Roderick J. Barman. Princess Isabel of Brazil: Gender and Power in the Nineteenth Century. Wilmington, DE: SR Books, 2002. xiv+291 pp.; ill. ISBN 0-8420-2845-5 (cl); 0-8420-2846-3 (pb).
Shaharyar M. Khan. The Begums of Bhopal: A Dynasty of Women Rulers in Raj India. New York: Palgrave, 2001. x+276 pp.; ill. ISBN 1-86064-528-3 (cl).
Hugo Vickers. Alice: Princess Andrew of Greece. New York: St. Martin's Press, 2002. xvii+477pp.: ill. ISBN 0-312-28886-7 (cl).

Monarchies have structured governments since the dawn of human history, and in various forms they still exist today. Founded on the dynastic principle, they place women as child bearers at the very center of the state, for who is closer to a ruler than his mother, or the mother of his heir, or perhaps the heir herself?
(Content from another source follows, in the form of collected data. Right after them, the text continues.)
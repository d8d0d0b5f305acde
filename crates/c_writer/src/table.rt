//! Tables as statements of C.
ghost use Rattle.std.specs.Prelude.{◌≡◌, ◌++◌, map, IsTrue, IfOk, OnOk};
ghost use Rattle.std.specs.List.{list_all, flat_map};
ghost use Rattle.scr_spec.specs.Shown.{data_of};
ghost use Rattle.scr_spec.specs.Cells.{is_table_over};
ghost use Rattle.c_writer.specs.Tables.{row_stmts as stmts_of_row, passed_clause, mode_clauses, row_clauses as clauses_of_row, class_object as object_of_class, switch_stmts as switched, table_stmts as stmts_of_table, variable_stmts as stmts_of_variable};

use crate::cell::row_stmts;
use crate::objects::{Moment, object_at};
use base::{Name, NoMemory};
use c_subset::{CClause, CExpr, CStmt};
use scr_spec::{Heading, Spec, Table};
use sqlite_items::Items;
use std::alloc::Global;

/// Clauses that pass on to the next one.
fn push_passed(out: &mut Items<CClause>, alloc: Global, modes: &[i64]) -> Result<(), NoMemory>
    ensures { OnOk result (out.new ≡ out.old ++ map passed_clause modes.now) }
{
    for mode in modes {
        out.push(CClause {
            label: *mode,
            body: Items::new(alloc),
            stops: false,
        })?;
    }
    Ok(())
}

/// One clause for each mode, of which the last has the statements.
#[tactic(auto, using(crate::proofs::Tabled::mode_laws))]
fn push_modes(
    out: &mut Items<CClause>,
    alloc: Global,
    modes: &[i64],
    body: Items<CStmt>,
) -> Result<(), NoMemory>
    ensures { OnOk result (out.new ≡ out.old ++ mode_clauses modes.now body) }
{
    if let Some((last, before)) = modes.split_last() {
        push_passed(out, alloc, before)?;
        out.push(CClause {
            label: *last,
            body,
            stops: true,
        })?;
    }
    Ok(())
}

/// The statements of all rows.
#[tactic(auto, using(crate::proofs::Tabled::row_laws))]
fn plain_rows(alloc: Global, spec: &Spec, table: &Table) -> Result<Items<CStmt>, NoMemory>
    requires { IsTrue (is_table_over (data_of spec.now) table.now) }
    ensures { IfOk result (λ ss. ss ≡ flat_map (stmts_of_row (data_of spec.now) table.now) table.now.rows) }
{
    let mut body = Items::new(alloc);
    for row in table.rows.as_slice() {
        let statements = row_stmts(alloc, spec, table, row)?;
        body.append(statements)?;
    }
    Ok(body)
}

/// The clauses of all rows.
#[tactic(auto, using(crate::proofs::Tabled::row_laws))]
fn rows_clauses(alloc: Global, spec: &Spec, table: &Table) -> Result<Items<CClause>, NoMemory>
    requires { IsTrue (is_table_over (data_of spec.now) table.now) }
    ensures { IfOk result (λ cs. cs ≡ flat_map (clauses_of_row (data_of spec.now) table.now) table.now.rows) }
{
    let mut clauses = Items::new(alloc);
    for row in table.rows.as_slice() {
        let body = row_stmts(alloc, spec, table, row)?;
        push_modes(&mut clauses, alloc, row.modes.as_slice(), body)?;
    }
    Ok(clauses)
}

/// Without clauses there is nothing to choose.
fn switch_stmts(
    alloc: Global,
    object: Name,
    clauses: Items<CClause>,
) -> Result<Items<CStmt>, NoMemory>
    ensures { IfOk result (λ ss. ss ≡ switched object clauses) }
{
    let mut body = Items::new(alloc);
    if !clauses.is_empty() {
        body.push(CStmt::Switch(CExpr::Name(object), clauses))?;
    }
    Ok(body)
}

/// A condition table looks at its class in the new state, and any other in the old.
fn class_object(
    alloc: Global,
    spec: &Spec,
    heading: Heading,
    class: usize,
) -> Result<Name, NoMemory>
    ensures { IfOk result (λ n. n ≡ object_of_class (data_of spec.now) heading class) }
{
    match heading {
        Heading::Condition => object_at(alloc, spec, Moment::New, class),
        Heading::Event | Heading::Modes => object_at(alloc, spec, Moment::Old, class),
    }
}

fn table_stmts(alloc: Global, spec: &Spec, table: &Table) -> Result<Items<CStmt>, NoMemory>
    requires { IsTrue (is_table_over (data_of spec.now) table.now) }
    ensures { IfOk result (λ ss. ss ≡ stmts_of_table (data_of spec.now) table.now) }
{
    match table.class {
        None => plain_rows(alloc, spec, table),
        Some(class) => {
            let object = class_object(alloc, spec, table.heading, class)?;
            let clauses = rows_clauses(alloc, spec, table)?;
            switch_stmts(alloc, object, clauses)
        }
    }
}

/// The statements by which a dependent variable takes its new code.
#[tactic(auto, using(scr_spec::proofs::Found::found_laws))]
pub(crate) fn variable_stmts(alloc: Global, spec: &Spec, v: usize) -> Result<Items<CStmt>, NoMemory>
    ensures { IfOk result (λ ss. ss ≡ stmts_of_variable (data_of spec.now) v) }
{
    match spec.table_of(v) {
        Some(table) => table_stmts(alloc, spec, table),
        None => Ok(Items::new(alloc)),
    }
}
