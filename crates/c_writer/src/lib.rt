//! The unit of C that runs as a specification.
#![tactic(auto)]

mod cell;
mod condition;
mod event;
mod law;
mod objects;
mod side;
mod table;
mod unit;

pub use law::{every_caller_is_right, unit_is_right, unit_keeps_rules};
pub use unit::unit_of;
Yet regardless of whether the ruler is viewed as a figurehead, a symbol of state, or the fount of authority, men are always granted a greater right to the throne than women, and they are more likely to be seen as political actors. In some countries—France before the twentieth century and Japan in modern times—women were legally barred from succession. Two of the books under review describe what happens when women become rulers because no male is available, and point to an intriguing connection between women rulers and the end of a dynasty. The third chronicles the life of a royal woman whose pedigree and biological function linked her to the crowned heads of twentieth-century Europe. All three biographies explicitly or implicitly address questions regarding the relationships between gender and power, the place of monarchy in modernizing states, the constituents of royal identity, and the justification for studying the small class of royal women or indeed writing biography at all.
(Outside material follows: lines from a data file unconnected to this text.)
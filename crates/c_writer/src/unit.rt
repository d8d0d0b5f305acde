//! The unit of a specification.
ghost use Rattle.std.specs.Prelude.{◌≡◌, ◌++◌, [], ◌∷◌, true, pos, map, length, Some, None, IsTrue, IfOk, OnOk, slice_index_or};
ghost use Rattle.std.specs.List.{flat_map, filter, range_with_len};
ghost use Rattle.scr_spec.specs.Shown.{data_of};
ghost use Rattle.scr_spec.specs.Meaning.{code_of};
ghost use Rattle.scr_spec.specs.Relations.{is_monitored};
ghost use Rattle.run_step.specs.Runs.{IsInitial};
ghost use Rattle.c_subset.specs.Rules.{is_unit};
ghost use Rattle.c_writer.specs.Objects.{object_of};
ghost use Rattle.c_writer.specs.Tables.{variable_stmts as stmts_of_variable};
ghost use Rattle.c_writer.specs.Units.{object_item as item_of_object, objects_of, save_stmt as stmt_of_save, save_function as function_of_save, step_function as function_of_step, setter as function_of_setter, setters, unit_of as unit_of_data};
ghost use Rattle.c_subset.specs.declared.stmt.CStmt.TheVariants.{Call};
ghost use Rattle.c_writer.specs.Laws.{IsRightUnit};

use crate::objects::{Moment, object_at, setter_at};
use crate::table::variable_stmts;
use base::{Name, NoMemory};
use c_subset::{CExpr, CFunction, CItem, CObject, CStmt, CUnit};
use scr_depend::Checked;
use scr_spec::{Spec, State};
use sqlite_items::Items;
use std::alloc::Global;

fn code_at(at: &State, v: usize) -> i64
    ensures { result ≡ code_of at.now.codes v }
{
    let codes = at.codes.as_slice();
    if v < codes.len() { codes[v] } else { 0 }
}

/// An object begins with the initial code.
fn object_item(
    alloc: Global,
    spec: &Spec,
    first: &State,
    moment: Moment,
    v: usize,
) -> Result<CItem, NoMemory>
    ensures { IfOk result (λ i. i ≡ item_of_object (object_of (data_of spec.now) moment) first.now.codes v) }
{
    let name = object_at(alloc, spec, moment, v)?;
    Ok(CItem::Object(CObject {
        name,
        init: code_at(first, v),
    }))
}

#[tactic(auto, using(crate::proofs::Growth::range_laws))]
fn push_objects(
    out: &mut Items<CItem>,
    alloc: Global,
    spec: &Spec,
    first: &State,
    moment: Moment,
) -> Result<(), NoMemory>
    ensures { OnOk result (out.new ≡ out.old ++ map (item_of_object (object_of (data_of spec.now) moment) first.now.codes) (range_with_len 0 (length spec.now.variables))) }
{
    let count = spec.variables.len();
    for v in 0..count {
        let item = object_item(alloc, spec, first, moment, v)?;
        out.push(item)?;
    }
    Ok(())
}

/// What is new becomes old.
fn save_stmt(alloc: Global, spec: &Spec, v: usize) -> Result<CStmt, NoMemory>
    ensures { IfOk result (λ s. s ≡ stmt_of_save (data_of spec.now) v) }
{
    let old = object_at(alloc, spec, Moment::Old, v)?;
    let new = object_at(alloc, spec, Moment::New, v)?;
    Ok(CStmt::Assign(old, CExpr::Name(new)))
}

#[tactic(auto, using(crate::proofs::Growth::range_laws))]
fn save_stmts(alloc: Global, spec: &Spec) -> Result<Items<CStmt>, NoMemory>
    ensures { IfOk result (λ ss. ss ≡ map (stmt_of_save (data_of spec.now)) (range_with_len 0 (length spec.now.variables))) }
{
    let mut body = Items::new(alloc);
    let count = spec.variables.len();
    for v in 0..count {
        let statement = save_stmt(alloc, spec, v)?;
        body.push(statement)?;
    }
    Ok(body)
}

fn save_function(alloc: Global, spec: &Spec) -> Result<CFunction, NoMemory>
    ensures { IfOk result (λ f. f ≡ function_of_save (data_of spec.now)) }
{
    Ok(CFunction {
        name: Name::from_slice(alloc, b"save")?,
        parameter: None,
        body: save_stmts(alloc, spec)?,
    })
}

#[tactic(auto, using(crate::proofs::Growth::flat_laws))]
fn step_stmts(alloc: Global, spec: &Spec, order: &[usize]) -> Result<Items<CStmt>, NoMemory>
    ensures { IfOk result (λ ss. ss ≡ flat_map (stmts_of_variable (data_of spec.now)) order.now) }
{
    let mut body = Items::new(alloc);
    for v in order {
        let statements = variable_stmts(alloc, spec, *v)?;
        body.append(statements)?;
    }
    Ok(body)
}

/// The dependent variables take their new codes in order.
fn step_function(alloc: Global, spec: &Spec, order: &[usize]) -> Result<CFunction, NoMemory>
    ensures { IfOk result (λ f. f ≡ function_of_step (data_of spec.now) order.now) }
{
    Ok(CFunction {
        name: Name::from_slice(alloc, b"step")?,
        parameter: None,
        body: step_stmts(alloc, spec, order)?,
    })
}

fn call_of(alloc: Global, name: &[u8]) -> Result<CStmt, NoMemory>
    ensures { IfOk result (λ s. s ≡ Call name.now None) }
{
    let name = Name::from_slice(alloc, name)?;
    Ok(CStmt::Call(name, None))
}

/// The old codes are saved, the variable takes its new code, and the others follow.
fn setter_stmts(alloc: Global, spec: &Spec, x: usize) -> Result<Items<CStmt>, NoMemory>
    ensures { IfOk result (λ ss. ss ≡ (function_of_setter (data_of spec.now) x).body) }
{
    let object = object_at(alloc, spec, Moment::New, x)?;
    let argument = Name::from_slice(alloc, b"a")?;
    let mut body = Items::new(alloc);
    body.push(call_of(alloc, b"save")?)?;
    body.push(CStmt::Assign(object, CExpr::Name(argument)))?;
    body.push(call_of(alloc, b"step")?)?;
    Ok(body)
}

/// The function for one input.
fn setter(alloc: Global, spec: &Spec, x: usize) -> Result<CFunction, NoMemory>
    ensures { IfOk result (λ f. f ≡ function_of_setter (data_of spec.now) x) }
{
    let name = setter_at(alloc, spec, x)?;
    let argument = Name::from_slice(alloc, b"a")?;
    Ok(CFunction {
        name,
        parameter: Some(argument),
        body: setter_stmts(alloc, spec, x)?,
    })
}

#[tactic(auto, using(crate::proofs::Growth::range_laws))]
fn push_setters(out: &mut Items<CItem>, alloc: Global, spec: &Spec) -> Result<(), NoMemory>
    ensures { OnOk result (out.new ≡ out.old ++ setters (data_of spec.now)) }
{
    let count = spec.variables.len();
    for x in 0..count {
        if spec.is_monitored(x) {
            let function = setter(alloc, spec, x)?;
            out.push(CItem::Function(function))?;
        }
    }
    Ok(())
}

/// The unit by the order of the dependent variables and the initial codes.
fn unit_by(alloc: Global, spec: &Spec, order: &[usize], first: &State) -> Result<CUnit, NoMemory>
    ensures { IfOk result (λ u. u ≡ unit_of_data (data_of spec.now) order.now first.now.codes) }
{
    let mut items = Items::new(alloc);
    push_objects(&mut items, alloc, spec, first, Moment::New)?;
    push_objects(&mut items, alloc, spec, first, Moment::Old)?;
    items.push(CItem::Function(save_function(alloc, spec)?))?;
    items.push(CItem::Function(step_function(alloc, spec, order)?))?;
    push_setters(&mut items, alloc, spec)?;
    Ok(CUnit { items })
}

/// The unit of a specification that passed its checks: an object `v_X` with the code of each
/// variable X, and for each monitored variable X a function `set_X` that takes its new code. It keeps
/// the rules of C, and runs as the specification.
pub fn unit_of(alloc: Global, checked: &Checked, first: &State) -> Result<CUnit, NoMemory>
    requires { IsInitial (data_of checked.now.spec) first.now.codes }
    ensures unit { IfOk result (λ u. u ≡ unit_of_data (data_of checked.now.spec) checked.now.order.list first.now.codes) }
    ensures rules { IfOk result (λ u. IsTrue (is_unit u)) }
    ensures right { IfOk result (λ u. IsRightUnit (data_of checked.now.spec) u) }
{
    unit_by(alloc, &checked.spec, checked.order.list.as_slice(), first)
}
Written by a professional historian and aimed at undergraduates, Princess Isabel of Brazil uses gender as the chief category of analysis in examining the downfall of the short-lived Brazilian dynasty founded in 1822 by a scion of the Portuguese monarchy. The chapter titles emphasize Isabel's progress through the female life cycle from daughter to bride to wife and finally to "her own woman" once she and her father are forced to leave Brazil. Only one chapter, "Empress-in-Waiting," points to the political role [End Page 188] that dominated her life and shaped her identity from her birth in 1846 to exile in 1889.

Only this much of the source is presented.